Is there a way to get a prediction from an gam model (from package mgcv) that contains random effect smooths, where the new data contains a level of the random effect that didn't exist in the training set? Something comparable to the "re.form=NA" parameter in lme4:predict.merMod ?
library(hflights) # get a big data set
hflights$UniqueCarrier <- factor(hflights$UniqueCarrier) # turn carrier into a factor
newhflights <- head(hflights) # create "new" d.f. for prediction
newhflights$UniqueCarrier <- "ZZ" # change carrier to a previously unseen value
library(mgcv)
m_gam <- gam(ActualElapsedTime ~ s(Distance) + s(TaxiOut, UniqueCarrier, bs="re"), data=hflights)
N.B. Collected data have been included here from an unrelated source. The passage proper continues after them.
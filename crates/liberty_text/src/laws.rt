//! Laws of tokens: functions that do nothing, whose `ensures` holds of every list of bytes.

ghost use Rattle.liberty_text.specs.Cover.{IsCovered};
ghost use Rattle.liberty_text.specs.TokenLaws.{HaveOneReading};

/// Each list of bytes has exactly one reading by the lexical grammar, the one that `scan` finds.
#[tactic(auto, using(crate::proofs::Complete::one_reading))]
pub fn one_reading(bytes: &[u8])
    ensures { HaveOneReading bytes.now }
{}

/// The tokens, with nothing but separators between them, are the bytes before the place where the
/// reading stops. Each flag says whether a line ends among the separators before its token, and no
/// Word can be extended by the bytes behind it.
#[tactic(auto, using(crate::proofs::Covered::covered))]
pub fn tokens_cover(bytes: &[u8])
    ensures { IsCovered bytes.now }
{}
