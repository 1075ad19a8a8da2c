//! The numbers of a Liberty text.

ghost use Rattle.std.specs.Prelude.{◌≡◌, ◌+◌, ◌≤◌, ◌<◌, ◌^◌, length, take, drop, Some, None, MatchOption, ◌++◌, nat_lt, IfSome};
ghost use Rattle.std.specs.Prelude.{IfOk, IfErr, pos, ◌-ℤ◌};
ghost use Rattle.liberty_text.specs.Number.{digit_run, sign_of, fraction_of, exponent_of, is_run, written_of, IsSpelled};
ghost use Rattle.liberty_text.specs.Number.{significant, digits_value, signed, AreDigits, Written, fixed_with, fixed_of};
ghost use Rattle.liberty_text.specs.Number.{IsFixedOf, IsNumberFaultOf};

use crate::decimal::{Fixed, NumberFault};
use lexer::{Digit, number_after, run_length};

/// A number as it is written, in bytes of its text.
#[derive(Clone, Copy)]
struct Spelling<'a> {
    negative: bool,
    whole: &'a [u8],
    fraction: &'a [u8],
    exponent_negative: bool,
    exponent: &'a [u8],
}

/// Whether a minus stands at the front, and what stands behind the sign.
fn sign(text: &[u8]) -> (bool, &[u8])
    ensures negative { result.0 ≡ (sign_of text.now).0 }
    ensures rest { result.1.now ≡ (sign_of text.now).1 }
{
    match text {
        [b'-', rest @ ..] => (true, rest),
        [b'+', rest @ ..] => (false, rest),
        _ => (false, text),
    }
}

/// The digits behind a point, and what stands behind them.
fn fraction(text: &[u8]) -> (&[u8], &[u8])
    ensures digits { result.0.now ≡ (fraction_of text.now).0 }
    ensures rest { result.1.now ≡ (fraction_of text.now).1 }
{
    match text {
        [b'.', rest @ ..] => rest.split_at(run_length::<Digit>(rest)),
        _ => text.split_at(0),
    }
}

/// Whether the bytes are digits, one at least.
fn is_run(bytes: &[u8]) -> bool
    ensures { result ≡ is_run bytes.now }
{
    !bytes.is_empty() && run_length::<Digit>(bytes) == bytes.len()
}

/// Whether an exponent is negative, and its digits. There may be none.
fn exponent(text: &[u8]) -> Option<(bool, &[u8])>
    ensures { MatchOption result (exponent_of text.now ≡ None) (λ found. exponent_of text.now ≡ Some (found.0, found.1.now)) }
{
    match text {
        [] => Some((false, text)),
        [b'e' | b'E', rest @ ..] => {
            let (negative, digits) = sign(rest);
            if is_run(digits) {
                Some((negative, digits))
            } else {
                None
            }
        }
        _ => None,
    }
}

/// The number that a text is.
fn spelled(text: &[u8]) -> Option<Spelling<'_>>
    ensures { MatchOption result (written_of text.now ≡ None)
        (λ found. IsSpelled found.negative found.whole.now found.fraction.now found.exponent_negative found.exponent.now
        (written_of text.now)) }
{
    let (negative, body) = sign(text);
    let (whole, rest) = body.split_at(run_length::<Digit>(body));
    let (fraction, tail) = fraction(rest);
    match exponent(tail) {
        Some((exponent_negative, exponent)) if !whole.is_empty() || !fraction.is_empty() => Some(
            Spelling {
                negative,
                whole,
                fraction,
                exponent_negative,
                exponent,
            },
        ),
        _ => None,
    }
}

/// How many digits stand behind the leading zeros.
fn significant(digits: &[u8]) -> usize
    ensures value { result ≡ significant digits.now }
    ensures within { result ≤ length digits.now }
{
    for (at, digit) in digits.iter().enumerate() {
        if *digit != b'0' {
            return digits.len() - at;
        }
    }
    0
}

/// Whether more than 18 digits stand behind the leading zeros, the point taken out.
#[tactic(auto, using(crate::proofs::Numbers::significant_append))]
fn has_too_many(whole: &[u8], fraction: &[u8]) -> bool
    ensures { result ≡ nat_lt 18 (significant (whole.now ++ fraction.now)) }
{
    match significant(whole) {
        0 => significant(fraction) > 18,
        found => found > 18 || fraction.len() > 18 - found,
    }
}

/// The number that the digits of an exponent are, up to 30.
#[tactic(auto, using(crate::proofs::Numbers::short_value, crate::proofs::Numbers::value_exceeds))]
fn exponent_value(digits: &[u8]) -> Option<u8>
    requires { AreDigits digits.now }
    ensures { MatchOption result (30 < digits_value 0 digits.now) (λ value. (value ≡ digits_value 0 digits.now) × (value ≤ 30)) }
{
    if significant(digits) > 2 {
        return None;
    }
    let value = number_after(0, digits);
    if value > 30 { None } else { Some(value as u8) }
}

/// The digits with their sign.
fn signed_mantissa(negative: bool, digits: u64) -> i64
    requires { digits < 2 ^ 63 }
    ensures { result ≡ signed negative digits }
{
    let mantissa = digits as i64;
    if negative { -mantissa } else { mantissa }
}

/// The exponent with its sign, less the digits behind the point.
fn signed_exponent(negative: bool, written: u8, digits: u8) -> i8
    requires written { written ≤ 30 }
    requires digits { digits ≤ 30 }
    ensures { result ≡ (signed negative written -ℤ pos digits) }
{
    let exponent = written as i8;
    let exponent = if negative { -exponent } else { exponent };
    exponent - digits as i8
}

impl Spelling<'_> {
    /// The number, or why it is out of bounds.
    #[tactic(auto, using(crate::proofs::Numbers::long_value, crate::proofs::Numbers::first_value))]
    fn value(&self) -> Result<Fixed, NumberFault>
        requires whole { AreDigits self.now.whole.now }
        requires fraction { AreDigits self.now.fraction.now }
        requires exponent { AreDigits self.now.exponent.now }
        ensures { result ≡ fixed_with (record {
          negative = self.now.negative;
          whole = self.now.whole.now;
          fraction =
              self.now.fraction.now;
          exponent_negative = self.now.exponent_negative;
          exponent = self.now.exponent.now;
        }) }
    {
        if has_too_many(self.whole, self.fraction) {
            return Err(NumberFault::TooManyDigits);
        }
        let Some(written) = exponent_value(self.exponent) else {
            return Err(NumberFault::TooLarge);
        };
        let behind = self.fraction.len();
        if behind > 30 {
            return Err(NumberFault::TooLarge);
        }
        let digits = number_after(number_after(0, self.whole), self.fraction);
        Ok(Fixed {
            mantissa: signed_mantissa(self.negative, digits),
            exponent: signed_exponent(self.exponent_negative, written, behind as u8),
        })
    }
}

/// `fixed`, as it is computed.
fn number(text: &[u8]) -> Result<Fixed, NumberFault>
    ensures { result ≡ fixed_of text.now }
{
    match spelled(text) {
        None => Err(NumberFault::NotNumber),
        Some(spelling) => spelling.value(),
    }
}

/// The number that a text is: an optional sign, digits with an optional point, one digit at least,
/// and an optional exponent. Takes no memory.
#[tactic(auto, using(crate::proofs::Fixeds::fixed_number, crate::proofs::Fixeds::fixed_fault))]
pub fn fixed(text: &[u8]) -> Result<Fixed, NumberFault>
    ensures number { IfOk result (λ number. IsFixedOf text.now number) }
    ensures fault { IfErr result (λ fault. IsNumberFaultOf text.now fault) }
    ensures exact { result ≡ fixed_of text.now }
{
    number(text)
}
predict(m_gam, newdata=newhflights) # fails with "ZZ not in original fit"
library(lme4)
m_lmer <- lmer(ActualElapsedTime ~ Distance + (TaxiOut | UniqueCarrier), data=hflights)
predict(m_lmer, newdata=newhflights) # fails with "new levels detected in newdata"
predict(m_lmer, newdata=newhflights, re.form=NA) # works
I have searched for an answer and found this question, but it didn't appear to be directly related to my problem. Predicting with random effects in mgcv gam But I did try adding a dummy variable to the model based on it.
hflights$dummy <- 1
newhflights$dummy <- 0
m_gam <- gam(ActualElapsedTime ~ s(Distance) + s(TaxiOut, UniqueCarrier, bs="re", by=dummy), data=hflights)
predict(m_gam, newdata=newhflights) # still doesn't work, not in original fit
I'm out of ideas. Am I overlooking something obvious?